The 6th Amendment to the U.S. Constitution requires that criminal defendants receive effective assistance of counsel. A violation of this constitutional standard warrants reversal of a conviction. In Padilla v. Kentucky, the defendant’s attorney never told him that he would be automatically deported if he piled guilty to felony drug charges. Padilla got his guilty pleas vacated on appeal, because his lawyer never informed him of the automatic deportation. The prosecution appealed further and obtained a ruling from the Kentucky Supreme Court which overturned the lower court’s decision. The Supreme Court heard oral arguments last month and it will decide the case in the near future.
 

The Court’s ruling may have important implications in Massachusetts OUI cases. Many times a lawyer may not inform the client about license suspensions which are triggered by a guilty plea. Some of these suspensions, which are automatically triggered by a guilty plea, can last a long time. Many criminal defense lawyers, and even some DUI lawyers, are not aware of the license suspensions which can result from guilty pleas. It is therefore critical to hire a lawyer who knows not only the criminal aspect of your case, but also what will happen to your license. Many people have been given wrong information from their lawyer and unpleasantly surprised by the Mass. RMV when they try to reinstate their licenses or get a hardship license. Depending on the court's decision, Padilla v. Kentucky may allow drivers in these situations to vacate their guilty pleas and avoid long license suspensions.
 

Anonymous tips alleging DUI: Supreme Court refuses case

In the recent DUI case of Virginia v. Harris (PDF), the United States Supreme Court refused to hear a case regarding the Virginia Supreme Court's decision to reverse a drunk driving conviction because the police officer who stopped Harris did so based on an anonymous tip and he did not witness any swerving or motor vehicle violations.

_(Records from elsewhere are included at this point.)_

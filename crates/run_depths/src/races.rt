// Orders that only a shared variable makes.
ghost use Rattle.std.specs.Prelude.{◌≡◌, ◌↔◌, ◌+◌, ◌⊎◌, ◌++◌, ◌∷◌, [], ℕ, IsTrue, IfOk, MatchOption, OnOk, Some, slice_get};
ghost use Rattle.system.specs.Expression.{is_in};
ghost use Rattle.runs.specs.Dependence.{OnOneChannel, OnOneVariable, SomeBefore};
ghost use Rattle.runs.specs.Live.{LiveAt};
ghost use Rattle.runs.specs.declared.event.Event.{Event};
ghost use Rattle.dependence.specs.Followers.{Follower};
ghost use Rattle.run_depths.specs.Depths.{StandsAt};
ghost use Rattle.run_depths.specs.Races.{AreRaces, ByVariable, IsRace, OrdersBy, ReadsAfter, WritesAfter};
ghost use Rattle.run_depths.specs.internal.RacesSoFar.{RacesTo};

use dependence::Live;
use runs::{Event, some_before, writes};
use std::alloc::{AllocError, Global};

/// An event and one that follows it, where only a variable relates the two.
#[derive(Clone, Copy)]
pub struct Race {
    /// the index of the earlier event
    pub cause: usize,
    /// the index of the later event
    pub event: usize,
    /// the number of the variable
    pub variable: u32,
}

/// All orders of live events that only a variable makes, in the order of the later events, and of one in the order of
/// the earlier. The variable is one that the later event reads, if the earlier wrote such a one, and else the one that
/// the later writes.
///
/// It is an error if there is no memory.
pub fn races_of(alloc: Global, live: &Live) -> Result<Vec<Race>, AllocError>
    ensures { IfOk result (λ races. AreRaces live.now.live races.items) }
{
    live.is_sound();
    let mut races = Vec::new(alloc);
    for (index, (ticket, event)) in live.iter().enumerate() {
        add_races(&mut races, live, index, ticket, event)?;
    }
    Ok(races)
}

/// Adds those of the event at an index, of this ticket.
fn add_races(
    races: &mut Vec<Race>,
    live: &Live,
    index: usize,
    ticket: u64,
    event: &Event,
) -> Result<(), AllocError>
    requires stands { slice_get live.now.live index ≡ Some (ticket, event.now) }
    requires so_far { RacesTo live.now.live index races.old.items }
    ensures { OnOk result (RacesTo live.now.live (index + 1) races.new.items) }
{
    live.is_sound();
    let leads = live.leads(ticket);
    for back in 0..leads.len() {
        let lead = leads[leads.len() - 1 - back];
        add_race(races, race_with(live, lead, index, ticket, event))?;
    }
    Ok(())
}

/// Adds the race, if it is one.
fn add_race(races: &mut Vec<Race>, race: Option<Race>) -> Result<(), AllocError>
    ensures { OnOk result
        (MatchOption race (races.new.items ≡ races.old.items) (λ r. races.new.items ≡ races.old.items ++ r ∷ [])) }
{
    match race {
        Some(race) => {
            races.push(race)?;
            Ok(())
        }
        None => Ok(()),
    }
}

/// The race of the event at an index, of this ticket, with the live event of the ticket `lead`, which it follows, if it
/// is one.
fn race_with(live: &Live, lead: u64, index: usize, ticket: u64, event: &Event) -> Option<Race>
    requires stands { slice_get live.now.live index ≡ Some (ticket, event.now) }
    requires follows { Follower live.now.live lead ticket }
    ensures { MatchOption result
        ((e : Event) → LiveAt live.now.live lead e → ByVariable live.now.live lead ticket e event.now → ⊥)
        (λ race. IsRace live.now.live race × (race.event ≡ index) × StandsAt live.now.live lead race.cause) }
{
    live.is_sound();
    let Some(cause) = live.index_of(lead) else {
        return None;
    };
    let Some((_, earlier)) = live.pair_at(cause as u64) else {
        return None;
    };
    match variable_between(earlier, event) {
        Some(variable) => Some(Race {
            cause,
            event: index,
            variable,
        }),
        None => None,
    }
}

/// The variable that alone orders the two events, if neither their places nor a channel does.
fn variable_between(earlier: &Event, later: &Event) -> Option<u32>
    ensures { MatchOption result
        (OnOneVariable earlier.now later.now → SomeBefore earlier.now later.now ⊎ OnOneChannel earlier.now later.now)
        (λ x. (SomeBefore earlier.now later.now → ⊥) × (OnOneChannel earlier.now later.now → ⊥)
        × OrdersBy earlier.now later.now x) }
{
    if some_before(earlier, later) {
        return None;
    }
    if on_one_channel(earlier, later) {
        return None;
    }
    shared_variable(earlier, later)
}

/// Whether both events are on one channel.
fn on_one_channel(one: &Event, other: &Event) -> bool
    ensures { IsTrue result ↔ OnOneChannel one.now other.now }
{
    match (one.channel, other.channel) {
        (Some(channel), Some(same)) => channel == same,
        _ => false,
    }
}

/// The variable that the earlier event writes and the later one reads, or else that which the later writes and the
/// earlier reads or writes.
fn shared_variable(earlier: &Event, later: &Event) -> Option<u32>
    ensures { MatchOption result (OnOneVariable earlier.now later.now → ⊥) (OrdersBy earlier.now later.now) }
{
    match read_after(earlier, later) {
        Some(variable) => Some(variable),
        None => written_after(earlier, later),
    }
}

/// The variable that the earlier event writes and the later one reads.
fn read_after(earlier: &Event, later: &Event) -> Option<u32>
    ensures { MatchOption result ((x : ℕ) → ReadsAfter earlier.now later.now x → ⊥) (ReadsAfter earlier.now later.now) }
{
    let Some(variable) = earlier.written else {
        return None;
    };
    if reads(later.read.as_slice(), variable) {
        Some(variable)
    } else {
        None
    }
}

/// The variable that the later event writes and the earlier one reads or writes.
fn written_after(earlier: &Event, later: &Event) -> Option<u32>
    ensures { MatchOption result ((x : ℕ) → WritesAfter earlier.now later.now x →
        ⊥) (WritesAfter earlier.now later.now) }
{
    let Some(variable) = later.written else {
        return None;
    };
    if reads(earlier.read.as_slice(), variable) {
        Some(variable)
    } else if writes(earlier, variable) {
        Some(variable)
    } else {
        None
    }
}

/// Whether the variable is among those that are read.
fn reads(read: &[u32], variable: u32) -> bool
    ensures { result ≡ is_in variable read.now }
{
    for held in read {
        if *held == variable {
            return true;
        }
    }
    false
}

The highest court in Virginia ruled that stopping Harris without observing any erratic or illegal operation, based solely on the anonymous tip, violated his 4th Amendment constitutional protection against unreasonable search and seizure. It seems that by deciding not to hear the case, the U.S. Supreme Court was essentially tacitly agreeing with the Virginia court. However, Chief Justice John G. Roberts, Jr. and Justice Antonin Scalia strongly dissented with the majority decision of the Court. The dissenting justices claim that

[t]he effect of the rule below will be to grant drunk drivers ‘one free swerve’ before they can legally be pulled over by police...

In numerous cases, Massachusetts courts had previously established that an anonymous tip generally cannot justify a motor vehicle stop by police. However, this general rule is not without exception and, in some cases, the police will be justified in stopping a motor vehicle based on a citizen's report, even where the officer might not have observed erratic or dangerous driving. Nevertheless, this is an important issue in any Massachusetts DUI case and a skilled attorney may be able to suppress evidence and obtain a dismissal or not guilty verdict on the basis that an anonymous tip did not provide sufficient justification to infringe on a driver's constitutional right to be free from unreasonable searches or seizures.